Gatti donne à la partition une empreinte symphonique et des couleurs propres au XXe siècle ; l’Orchestre del Maggio le suit très bien et l’instrumentation peut être perçue jusque dans les moindres détails, avec des tempi parfois très dilatés qui mettent un peu les chanteurs en difficulté. Parmi ceux-ci, au premier acte, se distingue le puissant Scarpia d’Alexey Markov, qui, bien qu’étranger, possède une excellente diction, jusqu’à l’ouverture et la fermeture des voyelles selon les règles de l’italien standard (respectées à 100%, même parmi les locuteurs italiens, presque uniquement à Florence…) ; le baryton russe peut cependant encore travailler à affiner son expression, surtout lorsque le personnage se complexifie dans le deuxième acte. Vanessa Goikoetxea a une belle présence scénique et chante très bien ; sa voix n’a peut-être pas le poids ni la douceur attendus de Tosca, mais la soprano hispano-américaine compense avec une très bonne technique, dans une performance qui s’améliore entre le premier et le dernier acte. C’est précisément dans l’interprétation du troisième acte que Goikoetxea et Piero Pretti (Mario Cavaradossi) donnent le meilleur d’eux-mêmes.
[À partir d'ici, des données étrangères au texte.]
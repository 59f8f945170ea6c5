// Turns of a play.

ghost use Rattle.std.specs.Prelude.{◌≡◌, ◌+◌, ◌-◌, ◌^◌, ◌<◌, ◌≤◌, ◌++◌, ◌∷◌, [], map, vec_len, vec_capacity, IfOk, IfErr, OnOk, OnErr};
ghost use Rattle.std.specs.Option.{ForSome, option_to_list};
ghost use Rattle.spi_run.specs.View.{step as step_of, event as event_of};
ghost use Rattle.spi_replay.specs.Stepping.{event_in};
ghost use Rattle.spi_play.specs.Way.{seen_of};
ghost use Rattle.spi_play.specs.Play.{CountsReady, Picks, DoesReady};
ghost use Rattle.spi_play.specs.Outcome.{course, AsksAt, IsPickRefused};
ghost use Rattle.spi_play.specs.Turning.{LiesAhead, IsFaultOf, IsLate, Turned, TurnRefused};

use crate::cursor::{place_after_leave, place_after_take};
use crate::player::{Menu, Pick, Player};
use crate::plays::{Ended, PlayFault};
use spi_replay::{Pool, StepFault};
use spi_run::{Event, Step};

// What comes next in a play: the player at a place is asked, with so many steps ready, or the play has ended.
pub enum Ahead {
    Asks { place: usize, ready: u64 },
    Ends(Ended),
}

// What comes next after so many steps, where the player at this place is next.
pub(crate) fn look_ahead(pool: &Pool<'_>, next: Option<usize>, taken: usize, most: u32) -> Ahead
    ensures { LiesAhead pool.now.configuration next taken most result }
{
    if taken == most as usize {
        return Ahead::Ends(Ended::MostReached);
    }
    match next {
        None => Ahead::Ends(Ended::NoPlayers),
        Some(place) => {
            let ready = pool.ready();
            if ready == 0 {
                Ahead::Ends(Ended::NoneReady)
            } else {
                Ahead::Asks { place, ready }
            }
        }
    }
}

// Asks a player.
fn ask(player: &mut Box<dyn Player>, menu: &Menu) -> Pick
    requires { 0 < menu.now.ready }
    ensures { Picks (record { times = times player.old; way = way player.old }) menu.now.ready result
        (record { times = times player.new; way = way player.new }) }
{
    player.pick(menu)
}

// Asks the player at this place.
fn ask_at(players: &mut Vec<Box<dyn Player>>, place: usize, menu: &Menu) -> Pick
    requires place { place < vec_len players.old }
    requires ready { 0 < menu.now.ready }
    ensures asks { AsksAt (seen_of (λ b. times b) (λ b. way b) players.old.items) place menu.now.ready result
        (seen_of (λ b. times b) (λ b. way b) players.new.items) }
    ensures len { vec_len players.new ≡ vec_len players.old }
{
    ask(&mut players[place], menu)
}

// Keeps a step that was done, and its event. There is room for them.
fn keep(steps: &mut Vec<Step>, events: &mut Vec<Event>, done: Step, shown: Option<Event>)
    requires steps { vec_len steps.old < vec_capacity steps.old }
    requires events { vec_len events.old < vec_capacity events.old }
    ensures steps { map step_of steps.new.items ≡ map step_of steps.old.items ++ step_of done ∷ [] }
    ensures events { map event_of events.new.items ≡ map event_of events.old.items
        ++ option_to_list (event_in shown) }
    ensures len { vec_len steps.new ≡ vec_len steps.old + 1 }
{
    let _ = steps.push(done);
    if let Some(event) = shown {
        let _ = events.push(event);
    }
}

// Why a ready step is refused.
fn fault_of(fault: StepFault) -> PlayFault
    requires { IsLate fault }
    ensures { IsFaultOf fault result }
{
    match fault {
        StepFault::NoPlace { place: _ } => unreachable!(),
        StepFault::NotReady { place: _ } => unreachable!(),
        StepFault::RunMessageTooLarge { nodes } => PlayFault::RunMessageTooLarge { nodes },
        StepFault::TooManyPlaces { places } => PlayFault::TooManyPlaces { places },
        StepFault::NoMemory => PlayFault::NoMemory,
    }
}

// Does the ready step with the number k, which the player at this place picked, where so many steps are ready.
fn take(
    pool: &mut Pool<'_>,
    steps: &mut Vec<Step>,
    events: &mut Vec<Event>,
    place: usize,
    ready: u64,
    k: u64,
) -> Result<(), PlayFault>
    requires ready { CountsReady pool.old.configuration ready }
    requires names { pool.old.configuration.names < 2 ^ 32 - 1 }
    ensures goes { OnOk result
        (DoesReady (course pool.old steps.old.items events.old.items) k
        (course pool.new steps.new.items events.new.items)) }
    ensures len { OnOk result (vec_len steps.new ≡ vec_len steps.old + 1) }
    ensures same { OnErr result (pool.new ≡ pool.old) }
    ensures refused { IfErr result (λ fault. IsPickRefused pool.old place ready k fault) }
{
    if k >= ready {
        return Err(PlayFault::BadPick {
            player: place,
            picked: k,
            ready,
        });
    }
    if steps.reserve(1).is_err() || events.reserve(1).is_err() {
        return Err(PlayFault::NoMemory);
    }
    let done = pool.kth(k).unwrap();
    match pool.step(done) {
        Ok(shown) => {
            keep(steps, events, done, shown);
            Ok(())
        }
        Err(fault) => Err(fault_of(fault)),
    }
}

// The player at this place has a turn, with so many steps ready. It gives the place of the player that is asked next.
pub(crate) fn turn(
    pool: &mut Pool<'_>,
    players: &mut Vec<Box<dyn Player>>,
    steps: &mut Vec<Step>,
    events: &mut Vec<Event>,
    only: Option<usize>,
    place: usize,
    ready: u64,
) -> Result<Option<usize>, PlayFault>
    requires place { place < vec_len players.old }
    requires counts { CountsReady pool.old.configuration ready }
    requires some { 0 < ready }
    requires names { pool.old.configuration.names < 2 ^ 32 - 1 }
    ensures turned { IfOk result
        (λ next. Turned only place ready (course pool.old steps.old.items events.old.items)
        (course pool.new steps.new.items events.new.items)
        (seen_of (λ b. times b) (λ b. way b) players.old.items)
        (seen_of (λ b. times b) (λ b. way b) players.new.items) next) }
    ensures within { IfOk result (λ next. ForSome next (λ p. p < vec_len players.new)) }
    ensures more { OnOk result (vec_len steps.new ≤ vec_len steps.old + 1) }
    ensures fewer { OnOk result
        (vec_len players.new + vec_len steps.old + 1 ≡ vec_len players.old + vec_len steps.new) }
    ensures names { OnOk result
        (pool.new.configuration.names + vec_len steps.old
        ≤ pool.old.configuration.names + vec_len steps.new) }
    ensures same { OnErr result (pool.new ≡ pool.old) }
    ensures refused { IfErr result
        (λ fault. TurnRefused pool.old place ready (seen_of (λ b. times b) (λ b. way b) players.old.items)
        (seen_of (λ b. times b) (λ b. way b) players.new.items) fault) }
{
    let menu = Menu {
        ready,
        places: pool.places(),
    };
    match ask_at(players, place, &menu) {
        Pick::Take(k) => match take(pool, steps, events, place, ready, k) {
            Ok(()) => Ok(place_after_take(only, place, players.len())),
            Err(fault) => Err(fault),
        },
        Pick::Leave => {
            drop(players.remove(place));
            Ok(place_after_leave(only, place, players.len()))
        }
    }
}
Avant le début du spectacle (la première a eu lieu le 24 mai), il a été annoncé que Pretti chanterait malgré une indisposition ; si la maladie lui a enlevé un peu de son habituel sonorité de ténor lyrique léger (peut-être trop léger pour ce rôle que même le grand Alfredo Kraus trouvait fatigant ?), la technique lui a permis d’aller jusqu’au bout sans incident, s’attachant aux accents délicats et au raffinement expressif.
Le Chœur, le Chœur d’enfants et les seconds rôles ont également apporté pleine satisfaction : le Spoletta d’Oronzo D’Urso, l’Angelotti de Gabriele Sagona, le Sciarrone de Dario Giorgelé, le “pastorello” de Marta Sacco.
En fin de compte, on peut ou non être d’accord avec cette lecture, mais force est de constater qu’il s’agit d’un spectacle de très bon niveau, dont la plupart des spectateurs, à l’issue de la représentation, ont parlé en bien ! Le théâtre a également affiché complet pour la deuxième représentation et de nombreuses places ont été vendues (la galerie et les loges affichaient complet depuis longtemps) pour les trois représentations suivantes, lundì 3, jeudi 6 et samedi 8 juin.
[1] Le “cinéma des téléphones blancs” est un sous-genre cinématographique des comédies en vogue en Italie entre 1936 et 1943.
Floria Tosca : Vanessa Goikoetxea
Mario Cavaradossi : Piero Pretti
Scarpia : Alexey Markov
Cesare Angelotti : Gabriele Sagona
Le Sacristain : Matteo Torcaso
Spoletta : Oronzo D’Urso
Sciarrone : Dario Giorgelé
Un gardien : Cesare Filiberto Tenuta
Un berger : Marta Sacco
Orchestre du Mai musical florentin, dir. Daniele Gatti
Chœur du Mai musical florentin, dir. Lorenzo Fratini
Chœur de voix d’enfants de l’Académie du Mai musical florentin, dir. Sara Matteucci
Mise en scène : Massimo Popolizio
Décors : Margherita Palli
Costumes : Silvia Aymonino
Lumières : Pasquale Mari
Tosca
Opéra en trois actes de Giacomo Puccini, livret de Giuseppe Giacosa et Luigi Illica d’après la pièce de Victorien Sardou, créé au Teatro Constanzi à Rome le 14 janvier 1900.
Florence, 86ème festival du Mai musical florentin, représentation du vendredi 24 mai 2024.